The tsunami aside, nearly every other humanitarian crisis in the 2005 Consolidated Appeal (CAP), be it in DRC, Côte d’Ivoire or Colombia, faces critical funding shortages. As of early May, funding for all Appeals was 38% (and 24% excluding the tsunami appeal). In DRC, only 22% of the country’s huge unmet humanitarian needs are funded; in Somalia barely 8%; and in the Central African Republic only 6%. Donors’ slow or non-existent response to these crises is putting millions of lives in jeopardy. To be accountable to both people and humanitarian principles, we must push for more equitable funding based on needs and needs alone.

We also should reflect on the financial tools currently at our disposal and decide if we need to upgrade or revamp them to meet the plethora of humanitarian needs. To that end, I welcome the proposal made by the UK’s Secretary of State for International Development, Hilary Benn, to create a new, voluntary $1 billion emergency response fund.

Transparency

Accountability is about more than getting programmes funded and the trucks rolling. It is about means as well as ends. It is about transparency of intentions and operations, principles and practices.

The UN humanitarian and development agencies have been successfully accounting for multi-million dollar programmes for years. We are accountable to our donors, our partners and the public at large – all of whom have an indisputable right to know where and how their money is being used. Conscious of public demand for greater accountability, the UN recently welcomed a pro bono offer from PriceWaterhouseCoopers to enhance our accounting expertise, as well as the UN’s public Financial Tracking Service. As a result, we will be able to track incoming contributions to the UN pledged through the Tsunami Flash Appeal and provide the public with data on how these funds are used. This new system was launched on 25 May. Few public or private entities have this degree of transparency. But we believe that not only is this extra accountability the right thing to do, it is also the only way to operate.

Keep our humanity front and centre

Humanitarianism is founded on the principle of humanity. How we provide aid often says more to beneficiaries about our motivation and principles than what we provide. In our rush to provide aid quickly and efficiently, we must not neglect the power of presence – the act of human solidarity in the midst of suffering.

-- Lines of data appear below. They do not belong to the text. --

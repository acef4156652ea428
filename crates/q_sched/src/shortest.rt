//! A guide that takes covered clauses, the shortest first.
//!
//! **The idea.** A short clause has few literals to begin with, so whether it is covered is decided soon, and it goes before it
//! is looked at in the tests of longer ones. Once one has gone, it starts again.
//!
//! **Source.** Marijn Heule, Matti Järvisalo and Armin Biere, "Covered Clause Elimination" (LPAR 2010); the order is that of
//! Armin Biere, Florian Lonsing and Martina Seidl, "Blocked clause elimination for QBF" (CADE 2011, Bloqqer).
//!
//! **How it is found.** By a heap of pairs of length and id (`rounds.rt`).
ghost use Rattle.std.specs.Prelude.{◌≡◌};
ghost use Rattle.q_kernel.specs.Prelude.{IsReady};
ghost use Rattle.q_sched.specs.Kinds.{IsCovering};
ghost use Rattle.q_sched.specs.declared.guide.Proposal.TheVariants.{Done};
ghost use Rattle.q_logic.specs.Prelude.{Rose};

use crate::ascending::{Ascending, Key};
use crate::guide::{Guide, Proposal};
use crate::moves::Move;
use crate::rounds::{Keyed, Rounds};
use q_kernel::{ClauseId, Kernel, Touch};
use q_logic::NoMemory;

// The clauses by length.
#[derive(Drop)]
struct Clauses;

impl Keyed for Clauses {
    fn key_of(kernel: &Kernel, id: ClauseId) -> Option<Key> {
        if !kernel.live(id) {
            return None;
        }
        match u32::try_from(kernel.lits(id).len()) {
            Ok(length) => Some((length, id)),
            Err(_) => None,
        }
    }

    fn next_item(kernel: &Kernel, from: ClauseId) -> Option<ClauseId> {
        kernel.next_live(from)
    }

    fn put_touched(keys: &mut Ascending, kernel: &Kernel, touch: Touch) -> Result<(), NoMemory> {
        match touch {
            Touch::Clause(id) => keys.put(Self::key_of(kernel, id)),
            Touch::Literal(_) => Ok(()),
            Touch::Variable(_) => Ok(()),
        }
    }
}

/// Proposes to cover the clause with the least pair of length and id above a cursor, and starts again once a proposal was
/// taken.
#[derive(Drop)]
pub struct ShortestFirst {
    rounds: Rounds<Clauses>,
    asked: u64,
    last: Proposal,
    heard: bool,
}

impl ShortestFirst {
    pub fn new() -> ShortestFirst
        ensures asked { ⟦<ShortestFirst as Guide>⟧.asked result ≡ 0 }
        ensures last { ⟦<ShortestFirst as Guide>⟧.last result ≡ Done }
    {
        ShortestFirst {
            rounds: Rounds::new(),
            asked: 0,
            last: Proposal::Done,
            heard: false,
        }
    }
}

impl Guide for ShortestFirst {
    ghost asked = { λ g. g.asked };

    ghost last = { λ g. g.last };

    ghost heard = { λ g. g.heard };

    fn propose(&mut self, kernel: &Kernel) -> Proposal
        requires ready { IsReady kernel.now }
        ensures answer { self.new.last ≡ result }
        ensures rises { Rose self.old.asked self.new.asked }
        ensures kind { IsCovering result }
    {
        self.asked = self.asked.saturating_add(1);
        self.last = match self.rounds.next(kernel) {
            Ok(Some(c)) => Proposal::Take(Move::Block(q_blocked::Target::Cover { c })),
            Ok(None) => Proposal::Done,
            Err(NoMemory) => Proposal::NoMemory,
        };
        self.last
    }

    fn told(&mut self, taken: bool) {
        self.heard = taken;
        self.rounds.told(taken);
    }
}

Accountability is about these intangible but essential qualities of humanitarianism. Our beneficiaries may well have lost everything in life. Plastic sheeting or a food package may address their physical needs, but suffering far transcends the physical. The first thing people in crisis need to know about humanitarianism is that we will treat them as human beings, with dignity and respect.

Focus on the forgotten

This element of recognition, of remembering those whom the world has forgotten, is an essential component of accountability. To be accountable to the millions of people who suffer far beyond the media spotlight, we must confront our greatest challenge – public indifference. If nothing else, the tsunami crisis showed, in a way few crises ever have, the extraordinary inter-connectedness of our global society. The world’s generosity in the tsunami should be a model for how we respond to all crises – this is the message we need to take to the public, the donors and the media. The value of a human life is the same everywhere, in Bunia and in Banda Aceh.

Conclusion

While our individual roles and responsibilities may vary, our ultimate accountability as humanitarians is to the people we serve. And we must serve them as people, in a manner that affirms individual dignity. Ultimately, ‘accountability’ must manifest itself in results on the ground that protect and improve the basic quality of life for those at risk from conflict or disasters.

Principles into practice: as humanitarians, we are called to this challenge every day, in each and every crisis. As humanitarians, we can promise no more; as humanitarians, we must be accountable for no less.